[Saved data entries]
↓↓↓

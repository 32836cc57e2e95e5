//! What a commit writes behind its gate.
ghost use Rattle.std.specs.Prelude.{◌≡◌, ◌+◌, ◌++◌, [], ◌∷◌, length, IfOk};
ghost use Rattle.archive_journal.specs.Frames.{IsSized, body_of, closed_gate};

use exact_time::{Bytes, OutOfMemory};
use std::alloc::Global;
use std::marker::Model;

/// A payload ready to be committed, seen as the payload.
#[derive(Drop)]
pub struct Frame {
    // The payload's length, the payload, and the next closed gate.
    bytes: Bytes,
}

impl Model for Frame {
    ghost use Rattle.std.specs.Prelude.{◌≡◌, ℕ, ◌-◌, List, length, take, drop};
    ghost use Rattle.archive_journal.specs.Frames.{IsFrame};

    ghost Value = { List ℕ };

    ghost view = { λ frame. take (length frame.bytes - 5) (drop 4 frame.bytes) };

    ghost invariant = { λ frame. IsFrame frame.bytes (take (length frame.bytes - 5) (drop 4 frame.bytes)) };
}

impl Frame {
    /// Copies a payload of 1 to 2,097,152 bytes.
    pub fn of(alloc: Global, payload: &[u8]) -> Result<Frame, OutOfMemory>
        requires { IsSized payload.now }
        ensures { IfOk result (λ frame. frame ≡ payload.now) }
    {
        let size = payload.len() as u32;
        let mut bytes = Bytes::new(alloc);
        bytes.extend(&size.to_be_bytes())?;
        bytes.extend(payload)?;
        bytes.push(CLOSED)?;
        Ok(Frame { bytes })
    }

    // What is written behind the gate.
    pub(crate) fn as_slice(&self) -> &[u8]
        ensures bytes { result.now ≡ body_of self.now ++ closed_gate ∷ [] }
        ensures sized { IsSized self.now }
        ensures len { length result.now ≡ length self.now + 5 }
    {
        self.bytes.as_slice()
    }

    // How many bytes the frame has, its gate with them.
    pub(crate) fn size(&self) -> u64
        ensures { result ≡ length self.now + 5 }
    {
        self.bytes.len() as u64
    }
}

// A gate that isn't open.
const CLOSED: u8 = 0;

// A gate whose frame counts.
pub(crate) const OPEN: u8 = 1;

// What a journal's file begins with.
pub(crate) const MAGIC: [u8; 16] = *b"FDSNARCHIVE-0001";

// The most bytes of a payload.
pub(crate) const LIMIT: u32 = 2_097_152;
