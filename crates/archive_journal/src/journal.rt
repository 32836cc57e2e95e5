//! An open journal.
ghost use Rattle.std.specs.Prelude.{◌≡◌, ◌⊎◌, ◌+◌, ◌-◌, ◌^◌, ◌<◌, ◌≤◌, [], true, false, length, take, drop, Some, slice_get, IfOk, IfErr, OnOk, OnErr, IsErr, IsErrOf};
ghost use Rattle.exact_time.specs.Causes.{Rose};
ghost use Rattle.disk_model.specs.View.{WhereTold, DiskRun, file_of};
ghost use Rattle.disk_model.specs.Effects.{OnlyReads, WritesNothing};
ghost use Rattle.archive_journal.specs.Frames.{reading_of, Holds};

use crate::commit::{add_frame, begin};
use crate::fault::{DiskFault, InitFault, ReadFault, RecoverFault};
use crate::frame::{Frame, MAGIC};
use crate::recover::find_frames;
use crate::room::Room;
use disk_model::Disk;
use exact_time::{Bytes, OutOfMemory};
use std::alloc::Global;
use std::marker::Model;

/// A journal over a disk: payloads, one after another, to which a commit adds one.
#[derive(Drop)]
pub struct Journal<D: Disk> {
    disk: D,
    // The offset of each payload's gate.
    offsets: Vec<u64>,
    // The offset of the closed gate behind them.
    end: u64,
    // Whether a commit failed.
    stopped: bool,
    // How often the disk had failed when it was opened.
    faults: u64,
}

impl<D: Disk> Model for Journal<D> {
    ghost use Rattle.std.specs.Prelude.{◌-◌, length};
    ghost use Rattle.std.specs.Vec.{vec_len, vec_capacity};
    ghost use Rattle.disk_model.specs.View.{file_of};
    ghost use Rattle.archive_journal.specs.Journal.{Opened, IsOpenJournal, first_payloads};

    ghost Value = { Opened D };

    ghost view = { λ j. record {
      disk = j.disk;
      payloads = first_payloads (length j.offsets.items) (file_of (D.view j.disk));
      count = length j.offsets.items;
      spare = vec_capacity j.offsets - vec_len j.offsets;
      stopped = j.stopped;
      faults = j.faults;
    } };

    ghost invariant = { λ j. IsOpenJournal (D.view j.disk) j.faults j.offsets.items j.end j.stopped };
}

impl<D: Disk> Journal<D> {
    ghost use Rattle.archive_journal.specs.Faults.{ExplainsRecover};
    ghost use Rattle.archive_journal.specs.Journal.{Keeps, WasRead, IsCommit, disk_in, outcome_in, gate_of};
    ghost use Rattle.archive_journal.specs.Recovery.{IsSyncedUnlessFailed};
    ghost use Rattle.archive_journal.specs.Writing.{MakesEmpty};

    /// Makes a journal without payloads in an empty file. After `NotEmpty`, which gives the file's length,
    /// the file reads as before; after `DiskFault` it may have any part of the first 17 bytes. Takes no
    /// memory.
    pub fn init(alloc: Global, disk: D) -> Result<Journal<D>, (D, InitFault)>
        ensures disk { MakesEmpty (D.view disk) (D.view (disk_in result)) (outcome_in result) }
        ensures payloads { WhereTold (D.view disk) (IfOk result (λ j. (j.payloads ≡ []) × Holds [] (file_of (D.view j.disk)))) }
        ensures opened { IfOk result (λ j. (j.count ≡ 0) × (j.stopped ≡ false) × (j.faults ≡ (D.view j.disk).faults)) }
    {
        Journal::init_with(Room::none(alloc), disk)
    }

    /// The same, with room for as many payloads as were reserved before the file was touched.
    pub fn init_with(room: Room, mut disk: D) -> Result<Journal<D>, (D, InitFault)>
        ensures disk { MakesEmpty (D.view disk) (D.view (disk_in result)) (outcome_in result) }
        ensures payloads { WhereTold (D.view disk) (IfOk result (λ j. (j.payloads ≡ []) × Holds [] (file_of (D.view j.disk)))) }
        ensures opened { IfOk result (λ j. (j.count ≡ 0) × (j.stopped ≡ false) × (j.faults ≡ (D.view j.disk).faults)) }
        ensures room { IfOk result (λ j. j.spare ≡ room) }
    {
        match begin(&mut disk) {
            Ok(()) => Ok(Journal {
                faults: disk.faults(),
                disk,
                offsets: room.offsets,
                end: MAGIC.len() as u64,
                stopped: false,
            }),
            Err(fault) => Err((disk, fault)),
        }
    }

    /// Opens the journal that a file is, after a crash too. It begins with a sync, so that what it says of
    /// the file stays so: after every answer but `DiskFault` a crash leaves what a read gives, also where
    /// that is refused. It gives the disk no write and no cut: the disk reads as before. A file with fewer
    /// than 17 bytes or another magic is `NotAJournal`; else the payloads are those of the frames up to the
    /// first closed gate, and a gate that is missing, or is open before a length of 0, over the limit or
    /// past the end of the file, is `Damaged` at its offset.
    pub fn recover(alloc: Global, mut disk: D) -> Result<Journal<D>, (D, RecoverFault)>
        ensures payloads { WhereTold (D.view disk) (IfOk result (λ j. Holds j.payloads (file_of (D.view disk)))) }
        // Unless the disk failed, each image is what a read gives, also where that is no journal.
        ensures synced { WhereTold (D.view disk) (IsSyncedUnlessFailed (D.view (disk_in result)) (file_of (D.view disk)) (outcome_in result)) }
        ensures opened { IfOk result (λ j. (j.stopped ≡ false) × (j.faults ≡ (D.view j.disk).faults)) }

        ensures fault { WhereTold (D.view disk) (IfErr (outcome_in result) (ExplainsRecover (reading_of (file_of (D.view disk))))) }
        // At every moment of the call, every image is one that was there before.
        ensures disk { WritesNothing (D.view disk) (D.view (disk_in result)) (IsErrOf (outcome_in result) RecoverFault.DiskFault) }
    {
        match find_frames(alloc, &mut disk) {
            Ok(found) => Ok(Journal {
                faults: disk.faults(),
                disk,
                offsets: found.offsets,
                end: found.end,
                stopped: false,
            }),
            Err(fault) => Err((disk, fault)),
        }
    }

    /// The number of payloads.
    pub fn count(&self) -> u64
        ensures count { result ≡ self.now.count }
        ensures bound { result < 2 ^ 60 }
        ensures kept { WhereTold (D.view self.now.disk) (Keeps D.view self.now) }
        ensures cause { self.now.stopped ≡ true → Rose self.now.faults (D.view self.now.disk).faults }
    {
        self.offsets.as_slice().len() as u64
    }

    /// The offset of the gate of payload `n`, from 1 to the number of payloads.
    pub fn offset(&self, n: u64) -> u64
        requires { (1 ≤ n) × (n ≤ self.now.count) }
        ensures { WhereTold (D.view self.now.disk) (result ≡ gate_of self.now.payloads n) }
    {
        self.offsets[n as usize - 1]
    }

    /// Takes the memory for a commit.
    pub fn reserve(&mut self) -> Result<(), OutOfMemory>
        ensures room { OnOk result (0 < self.new.spare) }
        ensures same { self.new ≡ record self.old { spare = self.new.spare } }
        ensures err { OnErr result (self.new ≡ self.old) }
    {
        self.offsets.reserve(1)?;
        Ok(())
    }

    /// Adds the frame's payload, and answers its number. It gives the disk four calls: it writes the frame
    /// and the next closed gate, syncs, opens the frame's gate, and syncs. After `DiskFault` every further
    /// commit answers so, without a call on the disk: recover the journal again. It takes no memory; after
    /// Ok it has used up the room for one.
    pub fn commit(&mut self, frame: &Frame) -> Result<u64, DiskFault>
        requires { 0 < self.old.spare }
        ensures refused { self.old.stopped ≡ true → IsErr result × (self.new ≡ self.old) }
        // Over a disk that tells: which images there are at every moment, and after it.
        ensures disk { DiskRun (D.view self.old.disk) (D.view self.new.disk) (IsErr result × (self.old.stopped ≡ false))
            (IsCommit D.view frame.now self.old self.new result) }
        ensures number { IfOk result (λ n. n ≡ self.new.count) }
        ensures ok { OnOk result (self.new ≡ record self.old {
          disk = self.new.disk;
          payloads = self.new.payloads;
          count = self.old.count + 1;
          spare = self.old.spare - 1;
        }) }

        ensures err { OnErr result (self.new ≡ record self.old {
          disk = self.new.disk;
          payloads = self.new.payloads;
          stopped = true;
        }) }
        ensures cause { OnErr result (Rose (D.view self.old.disk).faults (D.view self.new.disk).faults
            ⊎ Rose self.old.faults (D.view self.old.disk).faults) }
    {
        if self.stopped {
            return Err(DiskFault);
        }
        self.stopped = true;
        add_frame(&mut self.disk, self.end, frame)?;
        self.offsets.push_reserved(self.end);
        self.end += frame.size();
        self.stopped = false;
        Ok(self.offsets.len() as u64)
    }

    /// Reads payload `n`, from 1 to the number of payloads.
    pub fn read_entry(&mut self, n: u64) -> Result<Bytes, ReadFault>
        requires { (1 ≤ n) × (n ≤ self.old.count) }
        ensures payload { WhereTold (D.view self.old.disk) (IfOk result (λ bytes. slice_get self.old.payloads (n - 1) ≡ Some bytes)) }
        ensures read { WasRead D.view self.old self.new (IsErrOf result ReadFault.DiskFault) }
    {
        let mut buffer = Vec::new(*self.offsets.allocator());
        self.read_entry_into(n, &mut buffer)?;
        Ok(Bytes::from_vec(buffer))
    }

    /// Reads payload `n`, from 1 to the number of payloads, into a buffer, in place of what that holds. A buffer that
    /// serves for many payloads takes memory for the longest alone.
    pub fn read_entry_into(&mut self, n: u64, buffer: &mut Vec<u8>) -> Result<(), ReadFault>
        requires { (1 ≤ n) × (n ≤ self.old.count) }
        ensures payload { WhereTold (D.view self.old.disk) (OnOk result (slice_get self.old.payloads (n - 1) ≡ Some buffer.new.items)) }
        ensures read { WasRead D.view self.old self.new (IsErrOf result ReadFault.DiskFault) }
    {
        let start = self.offset(n).saturating_add(HEAD);
        let len = self.end_of(n).saturating_sub(start) as usize;
        read_bytes(&mut self.disk, start, len, buffer)
    }

    // The offset of the gate behind payload `n`.
    fn end_of(&self, n: u64) -> u64
        requires { n ≤ self.now.count }
        ensures { WhereTold (D.view self.now.disk) (result ≡ gate_of self.now.payloads (n + 1)) }
    {
        if (n as usize) < self.offsets.len() {
            self.offsets[n as usize]
        } else {
            self.end
        }
    }

    /// The disk.
    pub fn close(self) -> D
        ensures disk { result ≡ self.disk }
        ensures kept { WhereTold (D.view self.disk) (Keeps D.view self) }
    {
        let Journal {
            disk,
            offsets: _,
            end: _,
            stopped: _,
            faults: _,
        } = self;
        disk
    }
}

// The bytes of a frame before its payload.
const HEAD: u64 = 5;

// Reads so many bytes, or what there is of them, into a buffer, in place of what that holds.
fn read_bytes<D: Disk>(
    disk: &mut D,
    at: u64,
    len: usize,
    buffer: &mut Vec<u8>,
) -> Result<(), ReadFault>
    ensures bytes { WhereTold (D.view disk.old) (OnOk result (buffer.new.items ≡ take len (drop at (file_of (D.view disk.old))))) }
    ensures read { OnlyReads (D.view disk.old) (D.view disk.new) (IsErrOf result ReadFault.DiskFault) }
{
    buffer.resize(len, 0)?;
    let count = disk.read(at, buffer)?;
    buffer.truncate(count);
    Ok(())
}
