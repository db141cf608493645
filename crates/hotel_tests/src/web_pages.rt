//! Requests of web pages, and of programs on this computer: the former are refused from `Origins::Local`, and neither
//! from `Origins::Any`, as `serve_one` has it. `.ci/bytes` sends more of both to the built program.
use hotel_core::Walks;
use hotel_http::{Origins, Service, make_routes, serve_by, serve_one};
use hotel_scenarios::desks::Desk;
use hotel_streams::IoCalls;
use std::alloc::Global;
use std::process::Abort;
use std::test::Fail;

/// The lines of a head behind its first one, and whether a page in a browser has it sent. The programs are curl,
/// Python's http.client, Go's net/http and wrk.
static HEADS: [(&[u8], bool); 20] = [
    (
        b"Host: 127.0.0.1:18080\r\nUser-Agent: curl/8.5.0\r\nAccept: */*\r\n",
        false,
    ),
    (
        b"Host: localhost:18080\r\nAccept-Encoding: identity\r\n",
        false,
    ),
    (
        b"Host: 127.0.0.1:18080\r\nUser-Agent: Go-http-client/1.1\r\nAccept-Encoding: gzip\r\n",
        false,
    ),
    (b"Host: 127.0.0.1:18080\r\n", false),
    (b"hOST:\t LocalHost: \t\r\n", false),
    (
        b"Host: localhost:18080\r\nOrigin: https://page.example\r\n",
        true,
    ),
    (b"oRIGIN:\r\nHost: localhost\r\n", true),
    (b"Host: page.example:18080\r\n", true),
    (b"Host:\r\n", true),
    (b"Host: localhost.page.example\r\n", true),
    (b"Host: 127.0.0.12\r\n", true),
    (b"Host: localhos\r\n", true),
    (b"Host: localhost:80x\r\n", true),
    (b"Host: localhost :80\r\n", true),
    (b"Host: localhost\r\nSec-Fetch-Site: none\r\n", false),
    (b"Host: localhost\r\nsec-FETCH-site:same-origin \r\n", false),
    (b"Host: localhost\r\nSec-Fetch-Site: cross-site\r\n", true),
    (b"Sec-Fetch-Site: same-site\r\nHost: localhost\r\n", true),
    (b"Host: localhost\r\nSec-Fetch-Site:\r\n", true),
    (b"Host: localhost\r\nSec-Fetch-Site: None\r\n", true),
];

/// A request of these parts.
fn joined(alloc: Global, parts: &[&[u8]]) -> Result<Vec<u8>, Fail> {
    let mut request = Vec::new(alloc);
    for part in parts {
        request.extend_from_slice(part)?;
    }
    Ok(request)
}

/// The status of the answer where only requests from these origins are answered.
fn status_from(desk: &mut Desk<impl Walks>, origins: Origins, request: &[u8]) -> Result<u16, Fail> {
    let Ok(routes) = make_routes(desk.alloc) else {
        return Err(Fail::from("no routes"));
    };
    let service = Service {
        origins,
        routes: &routes,
    };
    let mut reader = request;
    let mut writer = Vec::new(desk.alloc);
    let done = serve_by(
        desk.alloc,
        service,
        &mut reader,
        &mut writer,
        &mut desk.books,
        &mut desk.source,
        &mut IoCalls::none(),
    )?;
    Ok(done.served.status)
}

/// The status by `serve_one`.
fn status_of_one(desk: &mut Desk<impl Walks>, request: &[u8]) -> Result<u16, Fail> {
    let mut reader = request;
    let mut writer = Vec::new(desk.alloc);
    let served = serve_one(
        desk.alloc,
        &mut reader,
        &mut writer,
        &mut desk.books,
        &mut desk.source,
    )?;
    Ok(served.status)
}

#[test]
fn pages_are_refused(rt: HostRuntime) -> Result<(), Fail> {
    let mut desk = Desk::of_codes(rt.alloc(), &[0xa0])?;
    for (lines, is_of_page) in &HEADS {
        let request = joined(rt.alloc(), &[b"GET /in-house HTTP/1.1\r\n", lines, b"\r\n"])?;
        let status = if *is_of_page { 403 } else { 200 };
        assert!(rt; status_from(&mut desk, Origins::Local, &request)? == status);
        assert!(rt; status_from(&mut desk, Origins::Any, &request)? == 200);
        assert!(rt; status_of_one(&mut desk, &request)? == 200);
    }
    Ok(())
}

/// What begins a desk, by a page's form and by a program.
static BEGIN: [&[u8]; 2] = [
    b"POST /begin HTTP/1.1\r\nHost: localhost\r\nOrigin: null\r\nContent-Length: 14\r\n\r\nday=2031-05-01",
    b"POST /begin HTTP/1.1\r\nHost: localhost\r\nContent-Length: 14\r\n\r\nday=2031-05-01",
];

#[test]
fn pages_begin_nothing(rt: HostRuntime) -> Result<(), Fail> {
    let mut desk = Desk::of_codes(rt.alloc(), &[0xa0])?;
    let [of_page, of_program] = BEGIN;
    assert!(rt; status_from(&mut desk, Origins::Local, of_page)? == 403);
    assert!(rt; status_from(&mut desk, Origins::Local, of_program)? == 200);
    assert!(rt; status_of_one(&mut desk, of_page)? == 409);
    Ok(())
}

↑↑↑

EXERCISE DIRECTIONS
Transcribe the records above exactly, beginning at the line that contains "Ok(found) => Ok(Journal" and ending with the line that contains "pub fn count(&self) -> u64", both included, and nothing else.

REPLY TO THE EXERCISE
            Ok(found) => Ok(Journal {
                faults: disk.faults(),
                disk,
                offsets: found.offsets,
                end: found.end,
                stopped: false,
            }),
            Err(fault) => Err((disk, fault)),
        }
    }

    /// The number of payloads.
    pub fn count(&self) -> u64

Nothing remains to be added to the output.